Amikam D, Niv D, Lachter J, Eidelman S, Ben-Ishai Z
Molecular Genetics Laboratory, Rambam Medical Center and Rappaport Faculty of Medicine, Technion-Israel Institute of Technology, Haifa, Israel.
Isr J Med Sci. 1997 Jan;33(1):8-13.
Familial adenomatous polyposis (FAP), an autosomal dominant inherited disease, confers a high risk of colon cancer. For presymptomatic diagnosis of FAP, we performed linkage studies in three unrelated Israeli families with FAP, using seven polymorphic systems around or at the APC locus on chromosome 5q. These systems are constituted of three DNA probes, recognizing four restriction fragment length polymorphism: C11p11, YN5.48 and pi227; three cytosine-adenine repeat markers: D5S318, D5S346 and MBC; and one intragenic polymorphism: APC-SspI. A meiotic recombination event was detected, apparently between the FAP gene and probe pi227. Based on the different analysis systems, we determined the haplotype at the APC locus in 11 at-risk individuals of the three families, six of whom were found to carry the disease-linked allele. Additionally, we identified a new FAP patient, in whom sigmoidoscopy showed the presence of adenomatous polyps throughout the colon.

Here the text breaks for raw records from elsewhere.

//! Generics (IEEE 1076, 6.5.2 and 6.5.6.2).
ghost use Rattle.std.specs.Prelude.{◌≡◌, IfOk, OnOk};
ghost use Rattle.elab_meaning.specs.Declarations as declarations;
ghost use Rattle.elab_meaning.specs.Parts.{judged};
ghost use Rattle.unit_meaning.specs.Interfaces as spec;
ghost use Rattle.expr_types.specs.Known.{Finds, IsSoundScope};
ghost use Rattle.subtype_types.specs.Sound.{IsSoundValued, OnKept};

use ams_token::{Names, Place};
use ams_tree::{Expr, Generic, Name, SubtypeIndication};
use decl_names::{Entry, declare_each, declare_faulty, declare_wrong};
use elab_meaning::{Book, Notes, Part, Valued};
use name_scope::{Scope, Subtype};
use std::alloc::{AllocError, Global};
use subtype_types::{subtype, written_valued};

/// The place of the first token of a declaration of generics or ports.
pub fn first_place(place: Option<Place>, names: &[Name]) -> Place
    ensures { result ≡ spec.first_place place names.now }
{
    if let Some(place) = place {
        return place;
    }
    match names {
        [name, ..] => name.place,
        [] => Place { line: 0, column: 0 },
    }
}

fn unvalued_part(part: &Part<Subtype>) -> Part<Valued>
    ensures value { result ≡ judged spec.unvalued part.now }
    ensures sound { OnKept IsSoundValued result }
{
    match part {
        Part::Kept(subtype) => Part::Kept(Valued {
            subtype: *subtype,
            value: None,
        }),
        Part::Wrong => Part::Wrong,
        Part::Hidden => Part::Hidden,
    }
}

/// Reads the subtype of a generic, and its default where one is written.
pub fn generic_default(
    alloc: Global,
    names: &Names,
    scope: &Scope,
    indication: &SubtypeIndication,
    default: &Option<Expr>,
    notes: &mut Notes,
) -> Result<Part<Valued>, AllocError>
    requires { IsSoundScope scope.now }
    ensures found { Finds (spec.generic_default names.now scope.now indication.now default.now notes.old) result notes.new }
    ensures sound { IfOk result (OnKept IsSoundValued) }
{
    if let Some(expr) = default {
        return written_valued(alloc, names, scope, indication, expr, notes);
    }
    match subtype(alloc, names, scope, indication, notes) {
        Ok(part) => Ok(unvalued_part(&part)),
        Err(error) => Err(error),
    }
}

fn declare_generics(
    alloc: Global,
    names: &Names,
    place: Place,
    declared: &[Name],
    part: &Part<Valued>,
    book: &mut Book,
) -> Result<(), AllocError>
    requires { IsSoundScope book.old.scope }
    ensures ok { OnOk result (book.new ≡ declarations.declaring_each spec.generic_name place declared.now (book.old.notes, part.now) book.old) }
    ensures sound { OnOk result (IsSoundScope book.new.scope) }
{
    match part {
        Part::Kept(valued) => {
            let entry = Entry::Constant(valued.subtype, None);
            declare_each(alloc, names, &entry, declared, book)
        }
        Part::Wrong => declare_wrong(place, declared, book),
        Part::Hidden => declare_faulty(declared, book),
    }
}

/// Reads a declaration of generics, whose values aren't known here.
pub fn generic(
    alloc: Global,
    names: &Names,
    written: &Generic,
    book: &mut Book,
) -> Result<(), AllocError>
    requires { IsSoundScope book.old.scope }
    ensures ok { OnOk result (book.new ≡ spec.generic names.now book.old written.now) }
    ensures sound { OnOk result (IsSoundScope book.new.scope) }
{
    let declared = written.names.as_slice();
    let place = first_place(written.constant, declared);
    let (indication, default) = (&written.indication, &written.default);
    match generic_default(
        alloc,
        names,
        &book.scope,
        indication,
        default,
        &mut book.notes,
    ) {
        Ok(part) => declare_generics(alloc, names, place, declared, &part, book),
        Err(error) => Err(error),
    }
}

家族性腺瘤性息肉病(FAP)是一种常染色体显性遗传病,会导致患结肠癌的高风险。为了对FAP进行症状前诊断,我们在三个无血缘关系的以色列FAP家族中进行了连锁研究,使用了位于5号染色体长臂上APC基因座周围或该基因座处的七个多态系统。这些系统由三个DNA探针组成,可识别四种限制性片段长度多态性:C11p11、YN5.48和pi227;三个胞嘧啶 - 腺嘌呤重复标记:D5S318、D5S346和MBC;以及一个基因内多态性:APC-SspI。检测到一个减数分裂重组事件,显然发生在FAP基因与探针pi227之间。基于不同的分析系统,我们确定了这三个家族中11名有患病风险个体的APC基因座单倍型,其中六人被发现携带与疾病相关的等位基因。此外,我们还鉴定出一名新的FAP患者,其乙状结肠镜检查显示整个结肠均存在腺瘤性息肉。